▶ _Required action_:
Your output should be the entries below, from the first line up to and including the line with "fn is_removed(before: &Past, message: u64)", reproduced exactly and with no other lines.

Stored items
━━━━━━━━━━
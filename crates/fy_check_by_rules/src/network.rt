//! What the entries before say of messages: which were sent, and which are in flight.
#![tactic(auto, using(crate::proofs::Pasts::past_next, crate::proofs::Pasts::past_none))]

ghost use Rattle.std.specs.Prelude.{◌≡◌, IfOk};
ghost use Rattle.fy_net.specs.Net.{is_ack_from};
ghost use Rattle.fy_cluster.specs.History.{History, some_is, sent, is_removed, in_flight, in_flight_count};
ghost use Rattle.fy_cluster.specs.Replies.{is_full};
ghost use Rattle.fy_check_by_rules.specs.Past.{as_step, history_of};

use crate::past::Past;
use crate::step::FoundStep;
use fy_acts::Act;
use fy_cluster::effects::is_accepted;
use fy_locality::ProcId;
use fy_net::{Body, MOST_IN_FLIGHT};
use std::alloc::AllocError;

/// The messages, by number.
pub(crate) fn sent(before: &Past) -> Result<Vec<Body>, AllocError>
    ensures { IfOk result (λ bodies. bodies.items ≡ sent (history_of before.now)) }
{
    let mut sent = Vec::new(before.alloc);
    for step in before.steps {
        sent.extend_from_slice(&step.sends)?;
    }
    Ok(sent)
}

/// Whether there is such a message and the process says it: it has synced a record.
fn is_ack_from(body: Option<Body>, p: ProcId) -> bool
    ensures { result ≡ some_is (is_ack_from p.0) body }
{
    match body {
        Some(Body::Synced { from, .. }) => from.0 == p.0,
        Some(Body::Store { .. }) | None => false,
    }
}

/// Whether the step took the message out of the network: a Deliver or Lose the one that it names, a
/// Heal each word that its process had sent. The messages sent before the step are given.
fn removes(bodies: &[Body], step: &FoundStep, message: u64) -> bool
    ensures { (h : History) → sent h ≡ bodies.now
        → result ≡ (as_step h step.now).removes message }
{
    if !is_accepted(step.entry.reply) {
        return false;
    }
    match step.entry.act {
        Act::Deliver { message: taken } => taken == message,
        Act::Lose { message: taken } => taken == message,
        Act::Heal { process } => is_ack_from(bodies.get(message as usize).copied(), process),
        _ => false,
    }
}

/// Whether some step took the message out of the network.
fn is_removed(before: &Past, message: u64) -> Result<bool, AllocError>
    ensures { IfOk result (λ taken. taken ≡ is_removed (history_of before.now) message) }
{
    let mut sent = Vec::new(before.alloc);
    let mut taken = false;
    for step in before.steps {
        taken = removes(&sent, step, message) || taken;
        sent.extend_from_slice(&step.sends)?;
    }
    Ok(taken)
}

/// Whether the message was sent, and nothing took it out.
pub(crate) fn in_flight(before: &Past, message: u64) -> Result<bool, AllocError>
    ensures { IfOk result (λ flies. flies ≡ in_flight (history_of before.now) message) }
{
    let count = sent(before)?.len();
    if message as usize >= count {
        return Ok(false);
    }
    Ok(!is_removed(before, message)?)
}

/// How many messages are in flight.
#[tactic(auto, using(crate::proofs::Lists::count_next))]
fn in_flight_count(before: &Past) -> Result<usize, AllocError>
    ensures { IfOk result (λ count. count ≡ in_flight_count (history_of before.now)) }
{
    let sent = sent(before)?.len();
    let mut count = 0;
    for message in 0..sent {
        if in_flight(before, message as u64)? {
            count += 1;
        }
    }
    Ok(count)
}

/// Whether so many messages more would be more than may be in flight.
pub(crate) fn is_full(before: &Past, more: usize) -> Result<bool, AllocError>
    ensures { IfOk result (λ full. full ≡ is_full (history_of before.now) more) }
{
    let count = in_flight_count(before)?;
    Ok(count > MOST_IN_FLIGHT || more > MOST_IN_FLIGHT - count)
}
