//! What the entries before say of marks: who has marked a record, and whether it is acknowledged.
#![tactic(auto, using(crate::proofs::Pasts::past_next, crate::proofs::Pasts::past_none, crate::proofs::Among::among))]

ghost use Rattle.std.specs.Prelude.{◌≡◌, ◌==◌, ◌&&◌, ◌||◌, not, ℕ, [], IfOk};
ghost use Rattle.std.specs.List.{list_all};
ghost use Rattle.fy_team.specs.Teams.{is_among};
ghost use Rattle.fy_cluster.specs.History.{some_is, marks, delivers_ack_of, heals_at, marked_after, marked, acked};
ghost use Rattle.fy_cluster.specs.Replies.{is_acked_with};
ghost use Rattle.fy_check_by_rules.specs.Past.{as_step, history_of};

use crate::past::Past;
use crate::step::FoundStep;
use crate::teams::{members_for, without};
use fy_cluster::effects::{delivers, heals};
use fy_locality::ProcId;
use fy_net::Body;
use std::alloc::{AllocError, Global};

/// Whether the step delivered a Synced of the record, whoever sent it.
fn delivers_ack_of(step: &FoundStep, rec: u32) -> bool
    ensures { result ≡ delivers_ack_of (as_step [] step.now) rec }
{
    if delivers(&step.entry).is_none() {
        return false;
    }
    match step.message {
        Some(Body::Synced { rec: synced, .. }) => synced == rec,
        Some(Body::Store { .. }) | None => false,
    }
}

/// Who has marked a record, and whether it is acknowledged.
#[derive(Drop)]
pub(crate) struct Marks {
    marked: Vec<ProcId>,
    pub(crate) acked: bool,
}

/// Whether the process is one of these.
pub(crate) fn is_among(processes: &[ProcId], p: ProcId) -> bool
    ensures { result ≡ is_among processes.now p.0 }
{
    processes.iter().any(|q| q.0 == p.0)
}

/// The process from which the step delivered a Synced of the record.
fn teller(step: &FoundStep, rec: u32) -> Option<ProcId>
    ensures { (p : ℕ) → marks (as_step [] step.now) rec p ≡ some_is (λ q. q.0 == p) result }
{
    if delivers(&step.entry).is_none() {
        return None;
    }
    match step.message {
        Some(Body::Synced { rec: synced, from }) => if synced == rec { Some(from) } else { None },
        Some(Body::Store { .. }) | None => None,
    }
}

/// The processes that keep their mark through the step. A healed process loses its mark, unless the
/// record is acknowledged.
fn still_marked(alloc: Global, step: &FoundStep, were: &Marks) -> Result<Vec<ProcId>, AllocError>
    ensures { IfOk result (λ list. (p : ℕ) → is_among list.items p
        ≡ (not (heals_at (as_step [] step.now) p && not were.now.acked)
        && is_among were.now.marked.items p)) }
{
    match heals(&step.entry) {
        Some(healed) if !were.acked => {
            let list = without(alloc, &were.marked, healed)?;
            Ok(list)
        }
        _ => Ok(Vec::from_slice(alloc, &were.marked)?),
    }
}

/// The processes that have a mark after the step.
fn marked_then(
    alloc: Global,
    step: &FoundStep,
    rec: u32,
    were: &Marks,
) -> Result<Vec<ProcId>, AllocError>
    ensures { IfOk result (λ list. (p : ℕ) → is_among list.items p
        ≡ marked_after (as_step [] step.now) rec p were.now.acked
        (is_among were.now.marked.items p)) }
{
    let mut list = still_marked(alloc, step, were)?;
    match teller(step, rec) {
        Some(from) => {
            list.extend_from_slice(&[from])?;
            Ok(list)
        }
        None => Ok(list),
    }
}

/// Whether each of the members has a mark.
fn all_marked(members: &[ProcId], marked: &[ProcId]) -> bool
    ensures { result ≡ list_all (λ p. is_among marked.now p.0) members.now }
{
    members.iter().all(|p| is_among(marked, *p))
}

/// Whether a record is acknowledged after a step: it was, or a Synced of it was delivered and every
/// member of its team has a mark now.
fn acked_then(was_acked: bool, told: bool, members: &[ProcId], marked: &[ProcId]) -> bool
    ensures { result ≡ (was_acked || told
        && list_all (λ p. is_among marked.now p.0) members.now) }
{
    was_acked || told && all_marked(members, marked)
}

/// Who has marked the record, and whether it is acknowledged: a Synced of it was delivered after
/// which every member of its team had a mark.
pub(crate) fn marks_of(before: &Past, rec: u32) -> Result<Marks, AllocError>
    ensures acked { IfOk result (λ it. it.acked ≡ acked (history_of before.now) rec) }
    ensures marked { IfOk result (λ it. (p : ℕ)
        → is_among it.marked.items p ≡ marked (history_of before.now) rec p) }
{
    let Past { alloc, steps, .. } = *before;
    let mut marks = Marks {
        marked: Vec::new(alloc),
        acked: false,
    };
    for (i, step) in steps.iter().enumerate() {
        let then = Past {
            steps: &steps[..i],
            ..*before
        };
        let members = members_for(&then, rec)?;
        let marked = marked_then(alloc, step, rec, &marks)?;
        let acked = acked_then(marks.acked, delivers_ack_of(step, rec), &members, &marked);
        marks = Marks { marked, acked };
    }
    Ok(marks)
}

/// Whether the record was acknowledged, or each of the members has a mark or is the process.
fn acked_or_marked(acked: bool, members: &[ProcId], marked: &[ProcId], p: ProcId) -> bool
    ensures { result ≡ (acked
        || list_all (λ q. is_among marked.now q.0 || q.0 == p.0) members.now) }
{
    acked || are_marked_with(members, marked, p)
}

/// Whether each of the members has a mark or is the process.
fn are_marked_with(members: &[ProcId], marked: &[ProcId], p: ProcId) -> bool
    ensures { result ≡ list_all (λ q. is_among marked.now q.0 || q.0 == p.0) members.now }
{
    members.iter().all(|q| is_among(marked, *q) || q.0 == p.0)
}

/// Whether the record is acknowledged, or every member of its team has a mark once the process has
/// one.
pub(crate) fn is_acked_with(before: &Past, rec: u32, p: ProcId) -> Result<bool, AllocError>
    ensures { IfOk result (λ acked. acked ≡ is_acked_with (history_of before.now) rec p.0) }
{
    let marks = marks_of(before, rec)?;
    let members = members_for(before, rec)?;
    let acked = acked_or_marked(marks.acked, &members, &marks.marked, p);
    Ok(acked)
}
━━━━━━━━━━
▶ _Result for this task_:
filename crates/fy_check_by_rules/src/network.rt
//! What the entries before say of messages: which were sent, and which are in flight.
#![tactic(auto, using(crate::proofs::Pasts::past_next, crate::proofs::Pasts::past_none))]

ghost use Rattle.std.specs.Prelude.{◌≡◌, IfOk};
ghost use Rattle.fy_net.specs.Net.{is_ack_from};
ghost use Rattle.fy_cluster.specs.History.{History, some_is, sent, is_removed, in_flight, in_flight_count};
ghost use Rattle.fy_cluster.specs.Replies.{is_full};
ghost use Rattle.fy_check_by_rules.specs.Past.{as_step, history_of};

use crate::past::Past;
use crate::step::FoundStep;
use fy_acts::Act;
use fy_cluster::effects::is_accepted;
use fy_locality::ProcId;
use fy_net::{Body, MOST_IN_FLIGHT};
use std::alloc::AllocError;

/// The messages, by number.
pub(crate) fn sent(before: &Past) -> Result<Vec<Body>, AllocError>
    ensures { IfOk result (λ bodies. bodies.items ≡ sent (history_of before.now)) }
{
    let mut sent = Vec::new(before.alloc);
    for step in before.steps {
        sent.extend_from_slice(&step.sends)?;
    }
    Ok(sent)
}

/// Whether there is such a message and the process says it: it has synced a record.
fn is_ack_from(body: Option<Body>, p: ProcId) -> bool
    ensures { result ≡ some_is (is_ack_from p.0) body }
{
    match body {
        Some(Body::Synced { from, .. }) => from.0 == p.0,
        Some(Body::Store { .. }) | None => false,
    }
}

/// Whether the step took the message out of the network: a Deliver or Lose the one that it names, a
/// Heal each word that its process had sent. The messages sent before the step are given.
fn removes(bodies: &[Body], step: &FoundStep, message: u64) -> bool
    ensures { (h : History) → sent h ≡ bodies.now
        → result ≡ (as_step h step.now).removes message }
{
    if !is_accepted(step.entry.reply) {
        return false;
    }
    match step.entry.act {
        Act::Deliver { message: taken } => taken == message,
        Act::Lose { message: taken } => taken == message,
        Act::Heal { process } => is_ack_from(bodies.get(message as usize).copied(), process),
        _ => false,
    }
}

/// Whether some step took the message out of the network.
fn is_removed(before: &Past, message: u64) -> Result<bool, AllocError>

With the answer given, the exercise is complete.